Saved data entries:
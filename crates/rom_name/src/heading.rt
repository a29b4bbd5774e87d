//! The head of the stream that a heap begins.
ghost use Rattle.std.specs.Prelude.{◌≡◌, ◌≤◌, ℕ, List, IfOk, IfSome, IsSomeAnd, OnOk, IsTrue};
ghost use Rattle.rom_model.specs.Faults.{HasCause};
ghost use Rattle.rom_model.specs.Space.{ChangesOnly};
ghost use Rattle.rom_device.specs.Device.{Does, IsSynced};
ghost use Rattle.rom_header.specs.Held.{Holds};
ghost use Rattle.rom_name.specs.Heading.{IsHeadOf, IsNameOf};
ghost use Rattle.rom_name.specs.Identities.{IsNamed, WritesName, identity_of};

use crate::count::read_own;
use crate::identity::is_named;
use crate::writing::write_name;
use rom_device::{Device, Failed};
use rom_frame::{Head, HeapName};
use rom_model::Object;

/// Gives a heap that has no name the one that was drawn, and says which it has, once that is certain. A name that
/// stands there may be one that a writer was stopped before it synced.
fn name_heap<D: Device>(device: &mut D, name: HeapName, drawn: HeapName) -> Result<HeapName, Failed>
    requires { 8 ≤ D.shown.size device.old }
    ensures name { IfOk result (IsNameOf name drawn) }
    ensures certain { OnOk result (IsSynced D.shown device.new) }
    ensures stands { IsTrue D.shown.tells_words →
        (identity_of (D.shown.words device.old)).name ≡ name →
        IfOk result (λ has. (identity_of (D.shown.words device.new)).name ≡ has) }
    ensures does { Does D.shown (WritesName drawn) device.old device.new }
    ensures cause { HasCause (D.shown.faults device.old) (D.shown.faults device.new)
        (D.shown.failing device.new) result }
{
    if is_named(name) {
        device.sync()?;
        return Ok(name);
    }
    write_name(device, drawn)?;
    Ok(drawn)
}

/// The head of a stream of the updates that a heap does from now on; `None` where no heap stands on the device. A
/// heap that has no name gets the one that was drawn. What the head says is certain before it says so.
pub fn head_of<D: Device, O: Object>(
    device: &mut D,
    drawn: HeapName,
) -> Result<Option<Head>, Failed>
    requires { IsNamed drawn }
    ensures head { IfOk result (IsHeadOf D.shown drawn device.old device.new) }
    // Of a heap that the device holds then there is a head, and the place that comes first is that heap's count.
    ensures first { IsTrue D.shown.tells_words → (order : ℕ) (s : O.State) (k : ℕ) →
        Holds O.Contents order (D.shown.words device.new) s k →
        IfOk result (λ head. IsSomeAnd head (λ h. h.first ≡ k)) }
    // A stop behind it leaves the words that the head speaks of.
    ensures certain { IfOk result (λ head. IfSome head (λ _. IsSynced D.shown device.new)) }
    // Whatever it answers, and where it is stopped: the name is as it was, or it is the one that was drawn, whole.
    ensures does { Does D.shown (WritesName drawn) device.old device.new }
    // So the heap holds what it held.
    ensures keeps { (order : ℕ) (i j : List ℕ) (s : O.State) (k : ℕ) → ChangesOnly 4 4 i j →
        Holds O.Contents order i s k → Holds O.Contents order j s k }
    // It fails only where the device did, at its last call.
    ensures cause { HasCause (D.shown.faults device.old) (D.shown.faults device.new)
        (D.shown.failing device.new) result }
{
    let Some(own) = read_own::<D, O>(device)? else {
        return Ok(None);
    };
    let name = name_heap(device, own.identity.name, drawn)?;
    Ok(Some(Head {
        first: own.count,
        name,
        epoch: own.identity.epoch,
        since: own.identity.since,
    }))
}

THE TASK: In the entries above, the lines between the one holding "it says so." and the one holding "was drawn, whole.", inclusive, are to be printed exactly as written, and those alone.

SOLUTION FOR THIS TASK:
/// heap that has no name gets the one that was drawn. What the head says is certain before it says so.
pub fn head_of<D: Device, O: Object>(
    device: &mut D,
    drawn: HeapName,
) -> Result<Option<Head>, Failed>
    requires { IsNamed drawn }
    ensures head { IfOk result (IsHeadOf D.shown drawn device.old device.new) }
    // Of a heap that the device holds then there is a head, and the place that comes first is that heap's count.
    ensures first { IsTrue D.shown.tells_words → (order : ℕ) (s : O.State) (k : ℕ) →
        Holds O.Contents order (D.shown.words device.new) s k →
        IfOk result (λ head. IsSomeAnd head (λ h. h.first ≡ k)) }
    // A stop behind it leaves the words that the head speaks of.
    ensures certain { IfOk result (λ head. IfSome head (λ _. IsSynced D.shown device.new)) }
    // Whatever it answers, and where it is stopped: the name is as it was, or it is the one that was drawn, whole.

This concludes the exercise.